Nel territorio di Torrone della Colombara, nel vercellese, si coltiva il riso fin dal XV secolo. Ancora oggi, nei periodi in cui i campi sono in sommersione, la Tenuta, proprietà della famiglia Rondolino dal 1935, assume l’aspetto di una vera e propria isola circondata dalle acque e collegata alla strada provinciale solo da una sottile lingua di terra. Questo luogo, che ora ospita una moderna riseria, in cui convivono antiche tecniche di produzione e avanzate tecnologie, fu un tempo popolato dalle famiglie che vi lavoravano. Con le sue abitazioni, i suoi laboratori, la sua scuola e i dormitori per le mondine, la Colombara doveva essere senz’altro meno silente e metafisica di quanto appaia oggi in certe assolate ore meridiane. A ben vedere, nonostante il periodico andirivieni di visitatori, la Colombara sembra un posto adatto a favorire il lavoro e la concentrazione. Arrivandoci in automobile in una tarda mattina d’estate, ho avuto l’impressione che la sua immensa corte quadrata somigliasse a una piazza d’armi deserta, con il corpo centrale occupato dalle camerate e i bracci laterali con le scuderie e la fureria. Invece, è un luogo di pace assoluta, un’isola di quiete operosa, che obbedisce a un ritmo di vita distante anni luce da quello assai più nevrotico e mondano delle città. Ma un’isola, si sa, non è solo un luogo fisico, geografico, caratterizzato da una particolare morfologia, ma anche e soprattutto un topos, una metafora. Da Omero a Thomas Moore, da Daniel Defoe ad Alexandre Dumas, da Robert Louis Stevenson fino a William Golding, la letteratura ha interpretato l’isola, di volta in volta, come un luogo di fuga e di libertà, di detenzione ed esilio, oppure come un paradiso naturale o un laboratorio utopico, in cui è possibile sperimentare nuovi modelli di società. In ogni caso, essa è stata sempre percepita come una singolarità rispetto a ciò che la circonda, una sorta di anomalia, che però conserva con le terre continentali un legame d’intermittenza e discontinuità. In pratica, il carattere precipuo di ogni isola è il suo stato di intrinseca difformità. E in questo la Colombara non fa eccezione. Perché un’isola è, sopra ogni cosa, immagine sintomatica di uno status mentale, di una condizione interiore.

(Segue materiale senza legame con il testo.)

//! The tables of a log: made where there is none, and migrated from version 1.
ghost use Rattle.std.specs.Prelude.{◌≡◌, ◌⊎◌, false, IsTrue, Err, IfErr, OnOk};
ghost use Rattle.sqlite.specs.State.{HasCleanDisk, KeepsCommit, Survives};
ghost use Rattle.sqlite.specs.Held.{state};
ghost use Rattle.xa_log.specs.Content.{nothing};
ghost use Rattle.xa_log.specs.Contract.{IsStoreFault};
ghost use Rattle.xa_sql_log.specs.Layouts.{HasOtherTables};
ghost use Rattle.xa_sql_log.specs.Rows.{old_content_of, IsOldLog};
ghost use Rattle.xa_sql_log.specs.Sql.{IsNewLog, AreNewTrees, IsOldReady, Rests};
ghost use Rattle.xa_sql_log.specs.OpenedDatabase.{IsBlank, HasTables, NamesVersion, NamesKnown, RunsInside};
ghost use Rattle.xa_sql_log.specs.Labels.{MakesParticipants};
ghost use Rattle.xa_sql_log.specs.PreparedDatabase.{LeavesSame, MakesLog, Prepares};

use crate::layout::{Layout, layout_of};
use crate::statements::of_store;
use crate::version::check_version;
use sqlite::{Alter, Connection, Transaction};
use xa_log::LogFault;

const CREATE_META: &str = "CREATE TABLE tm_meta (k INTEGER PRIMARY KEY CHECK (k = 1), \
    version INTEGER NOT NULL, incarnation INTEGER NOT NULL)";

const CREATE_DECISION: &str = "CREATE TABLE decision (inc INTEGER NOT NULL, \
    seq INTEGER NOT NULL, PRIMARY KEY (inc, seq))";

const CREATE_HEURISTIC: &str = "CREATE TABLE heuristic (inc INTEGER NOT NULL, \
    seq INTEGER NOT NULL, thread INTEGER NOT NULL, rm INTEGER NOT NULL, how INTEGER NOT NULL, \
    PRIMARY KEY (inc, seq, thread, rm), CHECK (how >= 5 AND how <= 8))";

/// It is made last also in a new log, so that a migrated log has the same schema.
const CREATE_PARTICIPANT: &str = "CREATE TABLE participant (inc INTEGER NOT NULL, \
    seq INTEGER NOT NULL, thread INTEGER NOT NULL, rm INTEGER NOT NULL, \
    PRIMARY KEY (inc, seq, thread, rm), \
    FOREIGN KEY (inc, seq) REFERENCES decision (inc, seq) ON DELETE CASCADE)";

const FIRST_META: &str = "INSERT INTO tm_meta (k, version, incarnation) VALUES (1, 2, 0)";

pub(crate) const SET_VERSION: &str = "UPDATE tm_meta SET version = 2";

/// Runs one statement of a transaction, which has no parameters.
fn execute<S: Alter>(tx: &mut Transaction<'_, S>, sql: &str) -> Result<(), LogFault>
    ensures same_reference { tx.new.conn.ghost_name ≡ tx.old.conn.ghost_name }
    ensures ran { HasCleanDisk (state S.Store tx.new.conn.now) →
        IsTrue (state S.Store tx.old.conn.now).in_transaction →
        OnOk result (RunsInside sql.now
        (state S.Store tx.old.conn.now) (state S.Store tx.new.conn.now)) }
    ensures kept { HasCleanDisk (state S.Store tx.new.conn.now) →
        KeepsCommit (state S.Store tx.old.conn.now) (state S.Store tx.new.conn.now) }
    ensures survives { Survives (state S.Store tx.old.conn.now)
        (state S.Store tx.new.conn.now) (λ _. ⊥) }
    ensures cause { IfErr result IsStoreFault }
{
    of_store(tx.execute(sql, &[]))?;
    Ok(())
}

/// The tables of an empty log, of which this statement makes that of the participants.
fn create_tables<S: Alter>(tx: &mut Transaction<'_, S>, participants: &str) -> Result<(), LogFault>
    ensures same_reference { tx.new.conn.ghost_name ≡ tx.old.conn.ghost_name }
    ensures written { HasCleanDisk (state S.Store tx.new.conn.now) →
        IsTrue (state S.Store tx.old.conn.now).in_transaction →
        IsBlank (state S.Store tx.old.conn.now) → MakesParticipants participants.now →
        OnOk result (IsTrue (state S.Store tx.new.conn.now).in_transaction ×
        IsNewLog nothing (state S.Store tx.new.conn.now).now) }
    ensures kept { HasCleanDisk (state S.Store tx.new.conn.now) →
        KeepsCommit (state S.Store tx.old.conn.now) (state S.Store tx.new.conn.now) }
    ensures survives { Survives (state S.Store tx.old.conn.now)
        (state S.Store tx.new.conn.now) (λ _. ⊥) }
    ensures cause { IfErr result IsStoreFault }
{
    execute(tx, CREATE_META)?;
    execute(tx, CREATE_DECISION)?;
    execute(tx, CREATE_HEURISTIC)?;
    execute(tx, participants)?;
    execute(tx, FIRST_META)?;
    Ok(())
}

/// Makes the tables of an empty log, that of the participants by this statement, in one transaction.
pub(crate) fn make_tables<S: Alter>(
    conn: &mut Connection<S>,
    participants: &str,
) -> Result<(), LogFault>
    requires { conn.old.in_transaction ≡ false }
    ensures honest { HasCleanDisk (state S.Store conn.new) → HasCleanDisk (state S.Store conn.old) }
    ensures makes { HasCleanDisk (state S.Store conn.new) → IsBlank (state S.Store conn.old) →
        MakesParticipants participants.now →
        MakesLog nothing (state S.Store conn.old) (state S.Store conn.new) result }
    ensures crash { IsBlank (state S.Store conn.old) → MakesParticipants participants.now →
        Survives (state S.Store conn.old) (state S.Store conn.new) (AreNewTrees nothing) }
    ensures cause { IfErr result IsStoreFault }
{
    let mut tx = conn.transaction();
    create_tables(&mut tx, participants)?;
    of_store(tx.commit())?;
    Ok(())
}

/// Makes the tables of an empty log without a label, in one transaction.
fn make_plain_tables<S: Alter>(conn: &mut Connection<S>) -> Result<(), LogFault>
    requires { conn.old.in_transaction ≡ false }
    ensures honest { HasCleanDisk (state S.Store conn.new) → HasCleanDisk (state S.Store conn.old) }
    ensures makes { HasCleanDisk (state S.Store conn.new) → IsBlank (state S.Store conn.old) →
        MakesLog nothing (state S.Store conn.old) (state S.Store conn.new) result }
    ensures crash { IsBlank (state S.Store conn.old) →
        Survives (state S.Store conn.old) (state S.Store conn.new) (AreNewTrees nothing) }
{
    make_tables(conn, CREATE_PARTICIPANT)
}

/// The tables and the version of version 2, from those of version 1.
fn make_version_2<S: Alter>(tx: &mut Transaction<'_, S>) -> Result<(), LogFault>
    ensures same_reference { tx.new.conn.ghost_name ≡ tx.old.conn.ghost_name }
    ensures written { HasCleanDisk (state S.Store tx.new.conn.now) →
        IsTrue (state S.Store tx.old.conn.now).in_transaction →
        IsOldLog (state S.Store tx.old.conn.now).now →
        OnOk result (IsTrue (state S.Store tx.new.conn.now).in_transaction ×
        IsNewLog (old_content_of (state S.Store tx.old.conn.now).now.trees)
        (state S.Store tx.new.conn.now).now) }
    ensures kept { HasCleanDisk (state S.Store tx.new.conn.now) →
        KeepsCommit (state S.Store tx.old.conn.now) (state S.Store tx.new.conn.now) }
    ensures survives { Survives (state S.Store tx.old.conn.now)
        (state S.Store tx.new.conn.now) (λ _. ⊥) }
    ensures cause { IfErr result IsStoreFault }
{
    execute(tx, CREATE_PARTICIPANT)?;
    execute(tx, SET_VERSION)?;
    Ok(())
}

/// Makes a log of version 1 one of version 2 with the same rows, in one transaction.
fn migrate<S: Alter>(conn: &mut Connection<S>) -> Result<(), LogFault>
    requires { conn.old.in_transaction ≡ false }
    ensures honest { HasCleanDisk (state S.Store conn.new) → HasCleanDisk (state S.Store conn.old) }
    ensures makes { HasCleanDisk (state S.Store conn.new) → IsOldReady (state S.Store conn.old) →
        MakesLog (old_content_of (state S.Store conn.old).now.trees)
        (state S.Store conn.old) (state S.Store conn.new) result }
    ensures crash { IsOldReady (state S.Store conn.old) →
        Survives (state S.Store conn.old) (state S.Store conn.new)
        (AreNewTrees (old_content_of (state S.Store conn.old).now.trees)) }
    ensures cause { IfErr result IsStoreFault }
{
    let mut tx = conn.transaction();
    make_version_2(&mut tx)?;
    of_store(tx.commit())?;
    Ok(())
}

/// Migrates a log whose tables are those of version 1, if they name that version.
fn upgrade<S: Alter>(conn: &mut Connection<S>) -> Result<(), LogFault>
    requires { conn.old.in_transaction ≡ false }
    ensures honest { HasCleanDisk (state S.Store conn.new) → HasCleanDisk (state S.Store conn.old) }
    ensures makes { HasCleanDisk (state S.Store conn.new) → IsOldReady (state S.Store conn.old) →
        MakesLog (old_content_of (state S.Store conn.old).now.trees)
        (state S.Store conn.old) (state S.Store conn.new) result }
    // Which tables are refused.
    ensures version { HasTables (state S.Store conn.old) → HasCleanDisk (state S.Store conn.new) →
        OnOk result (NamesVersion 1 (state S.Store conn.old)) }
    ensures refused { HasTables (state S.Store conn.old) →
        (result ≡ Err LogFault.Version) ⊎ ¬ NamesKnown (state S.Store conn.old) →
        HasCleanDisk (state S.Store conn.new) →
        Rests (state S.Store conn.old) (state S.Store conn.new) ×
        LeavesSame (state S.Store conn.old) (state S.Store conn.new) }
{
    check_version(conn, 1)?;
    migrate(conn)
}

/// Makes the tables where there is none, migrates those of version 1, and keeps those of version 2. Others that have a log's names are
/// refused, and nothing is read or written then.
pub(crate) fn prepare<S: Alter>(conn: &mut Connection<S>) -> Result<(), LogFault>
    ensures busy { IsTrue conn.old.in_transaction →
        (result ≡ Err LogFault.Store) × (conn.new ≡ conn.old) }
    ensures other { conn.old.in_transaction ≡ false → HasOtherTables (state S.Store conn.old) →
        (result ≡ Err LogFault.Version) × (conn.new ≡ conn.old) }
    ensures prepares { HasCleanDisk (state S.Store conn.new) →
        Prepares (state S.Store conn.old) (state S.Store conn.new) result }
{
    if !conn.is_autocommit() {
        return Err(LogFault::Store);
    }
    match layout_of(conn) {
        Layout::Missing => make_plain_tables(conn),
        Layout::Version1 => upgrade(conn),
        Layout::Version2 => check_version(conn, 2),
        Layout::Other => Err(LogFault::Version),
    }
}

La possibilità di un’isola – titolo pretestuosamente sottratto a un celebre romanzo di Michel Houellebecq – è un progetto voluto da Claudia Haberkern, artista che da venticinque anni vive all’interno della Colombara, per valorizzare e aprire al pubblico gli spazi della tenuta e, al contempo, creare un confronto e un dialogo con gli artisti Kudo Masahide e Brigitta Rossetti.

Figura traslata della solitudine e del distacco, l’isola è un tropo letterario che rimanda necessariamente anche alla condizione creativa, che necessita, appunto, di un ambiente (fisico e mentale) raccolto. La possibilità di un’isola è, dunque, allusione a uno stato necessario d’immersione (e introversione) che consente all’artista di uscire, almeno momentaneamente, dal flusso dei pensieri e delle attività ordinarie.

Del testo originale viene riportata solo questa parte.